**Your goal:**
Every line below that holds the string "opens" should be copied out.

[Stored data entries]

= = =

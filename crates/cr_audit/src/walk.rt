//! A log, line by line.

ghost use Rattle.std.specs.Prelude.{◌≡◌, ◌⊎◌, ◌↔◌, ◌+◌, ◌<◌, ◌^◌, true, false, ℕ, List, [], ◌++◌, Contains, IfOk, IfErr, MatchResult};
ghost use Rattle.cr_model.specs.Nodes.{IsValid};
ghost use Rattle.cr_model.specs.OneTurn.{touch_of};
ghost use Rattle.cr_model.specs.Sizes.{children};
ghost use Rattle.cr_model.specs.Touches.{Kept};
ghost use Rattle.cr_audit.specs.declared.fault.AuditFault.TheVariants as fault;
ghost use Rattle.cr_audit.specs.Dues.{dues, later};
ghost use Rattle.cr_audit.specs.Examples.{line_of};
ghost use Rattle.cr_audit.specs.Logs.{opened_by};
ghost use Rattle.cr_audit.specs.Stops.{IsStop, IsFound, IsLogFault};
ghost use Rattle.cr_audit.specs.Touched.{callings, IsProved, IsWalk, HasMoved};
ghost use Rattle.cr_audit.specs.Verdicts.{HoldsVerdict};

use crate::differing::Marks;
use crate::fault::AuditFault;
use crate::lines::take_right;
use crate::path::{Path, go_beside, go_down, open, root};
use crate::touches::{Touch, keep, opens};
use crate::verdict::Verdict;
use cr_model::Problem;
use cr_model::laws::a_test_decides_what_is_wanted;
use cr_row::NoMemory;
use std::alloc::Global;
use std::collections::BTreeSet;

/// The node whose line is due, if any is, and the touches that the lines before it prove.
#[derive(Drop)]
pub struct Walk {
    pub path: Path,
    pub due: bool,
    pub touches: BTreeSet<Touch>,
}

/// The touches that a log proves, or its first fault.
pub fn walk_log(alloc: Global, problem: &Problem, log: &[u8]) -> Result<BTreeSet<Touch>, AuditFault>
    ensures proved { IfOk result (λ touches. IsProved problem.now log.now touches.keys) }
    ensures fault { IfErr result (IsLogFault problem.now log.now) }
{
    let mut marks = Marks::new(alloc)?;
    walk_lines(alloc, problem, &mut marks, log)
}

fn walk_lines(
    alloc: Global,
    problem: &Problem,
    marks: &mut Marks,
    log: &[u8],
) -> Result<BTreeSet<Touch>, AuditFault>
    ensures proved { IfOk result (λ touches. IsProved problem.now log.now touches.keys) }
    ensures fault { IfErr result (IsLogFault problem.now log.now) }
{
    let mut walk = start(alloc, problem)?;
    let mut rest = log;
    let mut number = 0;
    while !rest.is_empty() {
        match pass_line(alloc, problem, marks, &mut walk, rest, number + 1) {
            Ok(others) => rest = others,
            Err(fault) => return Err(fault),
        }
        number += 1;
    }
    finish(walk, number)
}

// Before the first line.
fn start(alloc: Global, problem: &Problem) -> Result<Walk, NoMemory>
    ensures walk { IfOk result (IsWalk problem.now) }
    ensures due { IfOk result (λ walk. walk.due ≡ true) }
    ensures root { IfOk result (λ walk. walk.path.node.items ≡ []) }
    ensures none { IfOk result (λ walk. walk.touches.keys ≡ []) }
{
    let path = root(alloc, problem)?;
    Ok(Walk {
        path,
        due: true,
        touches: BTreeSet::new(alloc),
    })
}

// After the last line, where so many were right.
fn finish(walk: Walk, lines: u64) -> Result<BTreeSet<Touch>, AuditFault>
    requires { lines + 1 < 2 ^ 64 }
    ensures { MatchResult result (λ touches. (walk.due ≡ false) × (touches.keys ≡ walk.touches.keys))
        (λ why. (walk.due ≡ true) × (why ≡ fault.Node (lines + 1))) }
{
    let Walk {
        path: _path,
        due,
        touches,
    } = walk;
    if due {
        Err(AuditFault::Node(lines + 1))
    } else {
        Ok(touches)
    }
}

// Goes past a line of this number, where it is right, and gives what comes after it.
fn pass_line<'a>(
    alloc: Global,
    problem: &Problem,
    marks: &mut Marks,
    walk: &mut Walk,
    text: &'a [u8],
    number: u64,
) -> Result<&'a [u8], AuditFault>
    requires { IsWalk problem.now walk.old }
    ensures walk { IfOk result (λ rest. IsWalk problem.now walk.new) }
    ensures moved { IfOk result (λ rest. HasMoved problem.now walk.old text.now walk.new rest.now) }
    ensures stop { IfErr result (IsStop problem.now (dues problem.now walk.old.due walk.old.path.node.items) text.now number) }
{
    let (why, rest) = take_right(problem, &walk.path, walk.due, text, number)?;
    pass(alloc, problem, marks, walk, why)?;
    Ok(rest)
}

// Goes on from the node that is due, with this verdict on it.
fn pass(
    alloc: Global,
    problem: &Problem,
    marks: &mut Marks,
    walk: &mut Walk,
    why: Verdict,
) -> Result<(), NoMemory>
    requires walk { IsWalk problem.now walk.old }
    requires holds { HoldsVerdict problem.now walk.old.path.node.items why }
    ensures walk { IfOk result (λ _. IsWalk problem.now walk.new) }
    ensures left { IfOk result (λ _. dues problem.now walk.new.due walk.new.path.node.items
        ≡ opened_by problem.now walk.old.path.node.items why ++ later problem.now walk.old.path.node.items) }
    ensures found { IfOk result (λ _. (calling : List ℕ) → Contains (callings walk.new.touches.keys) calling
        ↔ (Contains (callings walk.old.touches.keys) calling ⊎ IsFound problem.now (line_of walk.old.path.node.items why) calling)) }
{
    a_test_decides_what_is_wanted();
    if opens(why) {
        pass_open(alloc, problem, marks, walk)
    } else {
        pass_cut(problem, walk)
    }
}

// Goes to the first child of the node that is due, which is open, and keeps its touch.
fn pass_open(
    alloc: Global,
    problem: &Problem,
    marks: &mut Marks,
    walk: &mut Walk,
) -> Result<(), NoMemory>
    requires walk { IsWalk problem.now walk.old }
    requires valid { IsValid problem.now walk.old.path.node.items }
    ensures walk { IfOk result (λ _. IsWalk problem.now walk.new) }
    ensures left { IfOk result (λ _. dues problem.now walk.new.due walk.new.path.node.items
        ≡ children problem.now walk.old.path.node.items ++ later problem.now walk.old.path.node.items) }
    ensures found { IfOk result (λ _. (calling : List ℕ) → Contains (callings walk.new.touches.keys) calling
        ↔ (Contains (callings walk.old.touches.keys) calling ⊎ ((calling ≡ touch_of problem.now walk.old.path.node.items) × Kept problem.now calling))) }
{
    let _ = problem.stage();
    open(alloc, &mut walk.path, problem)?;
    keep(alloc, problem, marks, &walk.path, &mut walk.touches)?;
    go_down(&mut walk.path, problem, 0)?;
    walk.due = true;
    Ok(())
}

// Goes past the node that is due and all below it.
fn pass_cut(problem: &Problem, walk: &mut Walk) -> Result<(), NoMemory>
    requires { IsWalk problem.now walk.old }
    ensures walk { IfOk result (λ _. IsWalk problem.now walk.new) }
    ensures left { IfOk result (λ _. dues problem.now walk.new.due walk.new.path.node.items ≡ later problem.now walk.old.path.node.items) }
    ensures same { IfOk result (λ _. walk.new.touches.keys ≡ walk.old.touches.keys) }
{
    walk.due = go_beside(&mut walk.path, problem)?;
    Ok(())
}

= = =

**Exercise output:**
use crate::touches::{Touch, keep, opens};
    if opens(why) {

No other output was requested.